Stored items
....

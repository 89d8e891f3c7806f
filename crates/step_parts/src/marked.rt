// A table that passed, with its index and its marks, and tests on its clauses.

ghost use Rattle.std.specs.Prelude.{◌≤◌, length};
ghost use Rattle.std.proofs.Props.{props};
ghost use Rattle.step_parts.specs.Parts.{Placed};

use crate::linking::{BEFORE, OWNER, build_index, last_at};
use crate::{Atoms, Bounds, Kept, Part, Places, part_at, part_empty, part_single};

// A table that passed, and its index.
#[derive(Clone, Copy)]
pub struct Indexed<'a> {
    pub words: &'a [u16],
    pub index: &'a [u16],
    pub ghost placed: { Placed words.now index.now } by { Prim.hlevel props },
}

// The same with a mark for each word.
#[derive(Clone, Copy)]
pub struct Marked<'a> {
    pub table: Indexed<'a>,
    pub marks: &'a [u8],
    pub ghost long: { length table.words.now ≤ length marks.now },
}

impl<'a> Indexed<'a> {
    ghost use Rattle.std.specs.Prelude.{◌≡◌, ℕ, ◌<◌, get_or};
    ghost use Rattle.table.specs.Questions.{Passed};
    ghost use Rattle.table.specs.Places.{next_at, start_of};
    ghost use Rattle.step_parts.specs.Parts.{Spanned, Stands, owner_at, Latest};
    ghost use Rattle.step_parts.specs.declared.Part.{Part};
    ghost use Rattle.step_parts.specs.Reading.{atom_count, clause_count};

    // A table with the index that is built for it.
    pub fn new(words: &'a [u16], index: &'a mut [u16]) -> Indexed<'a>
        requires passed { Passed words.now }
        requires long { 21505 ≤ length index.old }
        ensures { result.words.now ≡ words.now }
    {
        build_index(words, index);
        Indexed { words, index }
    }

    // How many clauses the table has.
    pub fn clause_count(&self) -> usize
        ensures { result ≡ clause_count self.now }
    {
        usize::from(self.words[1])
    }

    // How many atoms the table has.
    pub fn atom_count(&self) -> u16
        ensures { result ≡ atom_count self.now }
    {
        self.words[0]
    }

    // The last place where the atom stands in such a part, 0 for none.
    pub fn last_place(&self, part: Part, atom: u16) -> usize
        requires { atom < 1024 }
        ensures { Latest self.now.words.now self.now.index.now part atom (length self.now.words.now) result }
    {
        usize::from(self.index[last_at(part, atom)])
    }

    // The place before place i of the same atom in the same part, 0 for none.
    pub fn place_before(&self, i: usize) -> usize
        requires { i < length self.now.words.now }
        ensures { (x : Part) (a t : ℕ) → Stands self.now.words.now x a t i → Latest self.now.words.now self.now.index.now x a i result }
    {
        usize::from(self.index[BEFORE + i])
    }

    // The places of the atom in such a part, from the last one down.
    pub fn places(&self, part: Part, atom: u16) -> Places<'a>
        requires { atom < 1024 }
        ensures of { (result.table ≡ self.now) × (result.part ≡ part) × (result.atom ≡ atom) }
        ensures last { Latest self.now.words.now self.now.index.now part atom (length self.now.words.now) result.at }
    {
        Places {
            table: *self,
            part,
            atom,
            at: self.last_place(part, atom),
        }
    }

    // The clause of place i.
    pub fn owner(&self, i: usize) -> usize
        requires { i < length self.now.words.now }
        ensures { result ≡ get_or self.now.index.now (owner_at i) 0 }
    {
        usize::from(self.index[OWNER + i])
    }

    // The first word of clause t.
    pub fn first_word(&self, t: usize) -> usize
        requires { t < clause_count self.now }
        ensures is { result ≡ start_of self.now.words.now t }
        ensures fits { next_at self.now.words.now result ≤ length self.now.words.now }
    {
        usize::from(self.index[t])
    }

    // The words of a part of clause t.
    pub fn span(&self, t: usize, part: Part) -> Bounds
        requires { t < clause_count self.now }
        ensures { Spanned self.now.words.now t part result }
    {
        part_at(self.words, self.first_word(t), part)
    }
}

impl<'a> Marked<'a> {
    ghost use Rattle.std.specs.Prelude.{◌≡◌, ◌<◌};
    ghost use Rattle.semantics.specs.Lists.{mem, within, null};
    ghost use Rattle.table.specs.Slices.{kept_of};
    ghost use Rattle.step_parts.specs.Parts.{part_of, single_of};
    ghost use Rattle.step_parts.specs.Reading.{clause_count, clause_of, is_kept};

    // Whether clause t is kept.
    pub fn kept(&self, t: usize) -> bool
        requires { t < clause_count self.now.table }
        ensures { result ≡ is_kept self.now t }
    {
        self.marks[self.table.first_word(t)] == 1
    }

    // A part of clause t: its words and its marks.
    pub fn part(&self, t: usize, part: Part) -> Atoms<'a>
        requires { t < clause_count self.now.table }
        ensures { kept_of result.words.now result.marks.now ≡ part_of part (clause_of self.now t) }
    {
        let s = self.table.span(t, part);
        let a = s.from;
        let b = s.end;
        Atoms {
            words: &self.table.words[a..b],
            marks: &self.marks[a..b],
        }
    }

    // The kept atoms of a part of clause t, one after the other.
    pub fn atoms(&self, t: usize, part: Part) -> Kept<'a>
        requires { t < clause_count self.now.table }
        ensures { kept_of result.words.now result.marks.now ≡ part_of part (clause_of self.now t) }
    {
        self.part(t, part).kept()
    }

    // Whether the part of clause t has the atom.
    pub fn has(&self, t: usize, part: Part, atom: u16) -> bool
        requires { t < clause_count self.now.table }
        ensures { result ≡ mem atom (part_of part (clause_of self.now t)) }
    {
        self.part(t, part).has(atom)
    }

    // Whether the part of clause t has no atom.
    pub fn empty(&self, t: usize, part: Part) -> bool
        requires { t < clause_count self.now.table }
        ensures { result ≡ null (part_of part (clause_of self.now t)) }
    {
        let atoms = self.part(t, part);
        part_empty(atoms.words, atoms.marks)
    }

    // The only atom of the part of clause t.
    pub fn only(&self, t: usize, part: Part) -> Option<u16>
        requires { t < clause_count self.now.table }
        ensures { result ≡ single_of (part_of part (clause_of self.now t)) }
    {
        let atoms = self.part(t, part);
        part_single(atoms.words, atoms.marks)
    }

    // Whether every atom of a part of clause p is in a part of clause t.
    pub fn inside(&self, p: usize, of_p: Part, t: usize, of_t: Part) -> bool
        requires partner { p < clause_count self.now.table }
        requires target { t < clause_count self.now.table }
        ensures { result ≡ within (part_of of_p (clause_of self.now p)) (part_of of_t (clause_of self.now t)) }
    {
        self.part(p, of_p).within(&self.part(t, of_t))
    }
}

....

* Problem requirements: Lines of the data that include the string "none" are to be counted; report the total by itself.

* Solution: 2